### Aim of the task
Among the entries that follow, find every line with the word "there" and list it.

### Exercise inputs
++++

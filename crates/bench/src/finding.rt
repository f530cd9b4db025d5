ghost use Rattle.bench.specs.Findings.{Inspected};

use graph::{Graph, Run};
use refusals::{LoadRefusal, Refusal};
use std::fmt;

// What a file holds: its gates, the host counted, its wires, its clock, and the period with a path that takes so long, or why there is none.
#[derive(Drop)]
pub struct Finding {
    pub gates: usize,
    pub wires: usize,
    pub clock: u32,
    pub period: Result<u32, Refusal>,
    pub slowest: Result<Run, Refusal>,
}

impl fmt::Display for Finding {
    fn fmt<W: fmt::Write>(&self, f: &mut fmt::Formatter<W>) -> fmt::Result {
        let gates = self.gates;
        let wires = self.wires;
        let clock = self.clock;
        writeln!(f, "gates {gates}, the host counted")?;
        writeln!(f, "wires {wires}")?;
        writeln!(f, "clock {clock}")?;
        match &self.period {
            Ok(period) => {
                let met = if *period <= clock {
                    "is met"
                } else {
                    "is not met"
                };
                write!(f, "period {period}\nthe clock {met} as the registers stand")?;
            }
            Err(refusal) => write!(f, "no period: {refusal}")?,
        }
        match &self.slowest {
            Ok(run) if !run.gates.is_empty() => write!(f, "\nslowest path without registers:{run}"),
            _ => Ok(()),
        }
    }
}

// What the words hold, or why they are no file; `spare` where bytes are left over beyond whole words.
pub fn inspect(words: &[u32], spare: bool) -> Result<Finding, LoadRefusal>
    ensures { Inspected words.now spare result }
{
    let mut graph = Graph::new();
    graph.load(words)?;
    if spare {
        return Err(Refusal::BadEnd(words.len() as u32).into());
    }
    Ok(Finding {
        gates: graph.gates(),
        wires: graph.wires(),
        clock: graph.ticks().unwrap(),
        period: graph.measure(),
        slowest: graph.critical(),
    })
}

++++

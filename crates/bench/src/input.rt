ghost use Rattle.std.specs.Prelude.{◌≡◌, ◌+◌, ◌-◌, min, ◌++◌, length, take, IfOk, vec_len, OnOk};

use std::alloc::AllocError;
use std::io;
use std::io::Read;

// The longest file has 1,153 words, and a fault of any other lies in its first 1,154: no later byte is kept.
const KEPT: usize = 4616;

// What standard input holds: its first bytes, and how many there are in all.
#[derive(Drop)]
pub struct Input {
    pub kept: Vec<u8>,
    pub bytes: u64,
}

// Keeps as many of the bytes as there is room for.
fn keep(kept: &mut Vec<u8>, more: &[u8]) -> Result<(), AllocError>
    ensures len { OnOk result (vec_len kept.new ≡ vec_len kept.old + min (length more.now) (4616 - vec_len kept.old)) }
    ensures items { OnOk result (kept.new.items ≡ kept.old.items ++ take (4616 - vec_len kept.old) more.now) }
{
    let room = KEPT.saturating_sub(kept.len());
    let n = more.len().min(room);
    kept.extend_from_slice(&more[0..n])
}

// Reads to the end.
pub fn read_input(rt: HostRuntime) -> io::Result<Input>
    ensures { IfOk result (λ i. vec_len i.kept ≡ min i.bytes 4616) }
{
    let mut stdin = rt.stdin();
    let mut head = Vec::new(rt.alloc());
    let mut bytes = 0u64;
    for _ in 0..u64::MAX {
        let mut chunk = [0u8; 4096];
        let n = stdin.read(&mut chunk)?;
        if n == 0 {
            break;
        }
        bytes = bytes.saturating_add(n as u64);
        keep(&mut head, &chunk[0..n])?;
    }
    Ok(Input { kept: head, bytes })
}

++++

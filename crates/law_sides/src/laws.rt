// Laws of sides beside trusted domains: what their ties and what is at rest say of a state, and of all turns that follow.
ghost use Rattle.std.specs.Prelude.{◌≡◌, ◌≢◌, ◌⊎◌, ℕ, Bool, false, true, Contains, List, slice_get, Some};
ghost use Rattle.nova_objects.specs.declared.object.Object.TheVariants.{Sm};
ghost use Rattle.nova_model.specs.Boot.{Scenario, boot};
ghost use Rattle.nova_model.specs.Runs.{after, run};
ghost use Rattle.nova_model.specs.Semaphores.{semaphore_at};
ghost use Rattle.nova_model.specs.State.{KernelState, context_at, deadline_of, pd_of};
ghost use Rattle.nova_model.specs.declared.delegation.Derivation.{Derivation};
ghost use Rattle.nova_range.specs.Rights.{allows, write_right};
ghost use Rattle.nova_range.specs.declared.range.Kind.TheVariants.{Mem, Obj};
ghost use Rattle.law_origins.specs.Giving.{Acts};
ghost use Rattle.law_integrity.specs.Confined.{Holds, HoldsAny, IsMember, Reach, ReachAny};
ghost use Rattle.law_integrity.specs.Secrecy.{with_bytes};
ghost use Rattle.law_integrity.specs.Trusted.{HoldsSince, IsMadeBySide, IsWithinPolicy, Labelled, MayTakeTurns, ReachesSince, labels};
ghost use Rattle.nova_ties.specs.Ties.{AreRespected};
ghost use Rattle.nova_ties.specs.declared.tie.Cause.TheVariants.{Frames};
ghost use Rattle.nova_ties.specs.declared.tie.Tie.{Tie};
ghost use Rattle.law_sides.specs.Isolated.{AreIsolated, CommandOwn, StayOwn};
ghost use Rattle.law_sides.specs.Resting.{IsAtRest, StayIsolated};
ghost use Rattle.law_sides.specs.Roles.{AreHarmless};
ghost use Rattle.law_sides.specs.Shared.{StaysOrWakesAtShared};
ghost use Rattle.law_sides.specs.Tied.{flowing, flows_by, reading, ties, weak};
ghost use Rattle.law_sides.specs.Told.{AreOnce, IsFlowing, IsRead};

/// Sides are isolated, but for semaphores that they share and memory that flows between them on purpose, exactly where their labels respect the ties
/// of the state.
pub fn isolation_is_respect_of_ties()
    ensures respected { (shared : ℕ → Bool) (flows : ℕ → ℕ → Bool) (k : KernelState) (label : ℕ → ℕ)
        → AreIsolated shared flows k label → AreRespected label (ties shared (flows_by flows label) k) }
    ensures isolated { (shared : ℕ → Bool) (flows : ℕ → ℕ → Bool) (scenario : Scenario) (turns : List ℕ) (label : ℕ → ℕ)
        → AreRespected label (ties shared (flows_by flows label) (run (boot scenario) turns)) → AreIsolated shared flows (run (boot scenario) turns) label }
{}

++++

### Solution
// What a file holds: its gates, the host counted, its wires, its clock, and the period with a path that takes so long, or why there is none.
// What standard input holds: its first bytes, and how many there are in all.
// Keeps as many of the bytes as there is room for.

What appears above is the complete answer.